**Assigned task:**
Copy the listing out in full. Keep every word as it is.

**Data to process:**
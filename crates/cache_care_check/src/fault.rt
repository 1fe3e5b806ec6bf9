//! Why the care of a store stops.
use std::alloc::{AllocError, AllocFailed};

/// Why a call on a store stops.
#[derive(Clone, Copy, Debug, PartialEq, Eq)]
pub enum CareFault {
    /// The store failed.
    Failed,
    /// There was no memory.
    Memory,
}

impl From<AllocError> for CareFault {
    ghost use Rattle.std.specs.Prelude.{◌≡◌};
    ghost use Rattle.cache_care_check.specs.declared.fault.CareFault.TheVariants as faults;

    ghost from_gives = { λ _ e. e ≡ faults.Memory };

    fn from(_: AllocError) -> Self {
        CareFault::Memory
    }
}

impl<T: Drop> From<AllocFailed<T>> for CareFault {
    ghost use Rattle.std.specs.Prelude.{◌≡◌};
    ghost use Rattle.cache_care_check.specs.declared.fault.CareFault.TheVariants as faults;

    ghost from_gives = { λ _ e. e ≡ faults.Memory };

    fn from(_: AllocFailed<T>) -> Self {
        CareFault::Memory
    }
}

**Reply:**
filename crates/cache_care_check/src/fault.rt
repository 1fe3e5b806ec6bf9
//! Why the care of a store stops.
use std::alloc::{AllocError, AllocFailed};

/// Why a call on a store stops.
#[derive(Clone, Copy, Debug, PartialEq, Eq)]
pub enum CareFault {
    /// The store failed.
    Failed,
    /// There was no memory.
    Memory,
}

impl From<AllocError> for CareFault {
    ghost use Rattle.std.specs.Prelude.{◌≡◌};
    ghost use Rattle.cache_care_check.specs.declared.fault.CareFault.TheVariants as faults;

    ghost from_gives = { λ _ e. e ≡ faults.Memory };

    fn from(_: AllocError) -> Self {
        CareFault::Memory
    }
}

impl<T: Drop> From<AllocFailed<T>> for CareFault {
    ghost use Rattle.std.specs.Prelude.{◌≡◌};
    ghost use Rattle.cache_care_check.specs.declared.fault.CareFault.TheVariants as faults;

    ghost from_gives = { λ _ e. e ≡ faults.Memory };

    fn from(_: AllocFailed<T>) -> Self {
        CareFault::Memory
    }
}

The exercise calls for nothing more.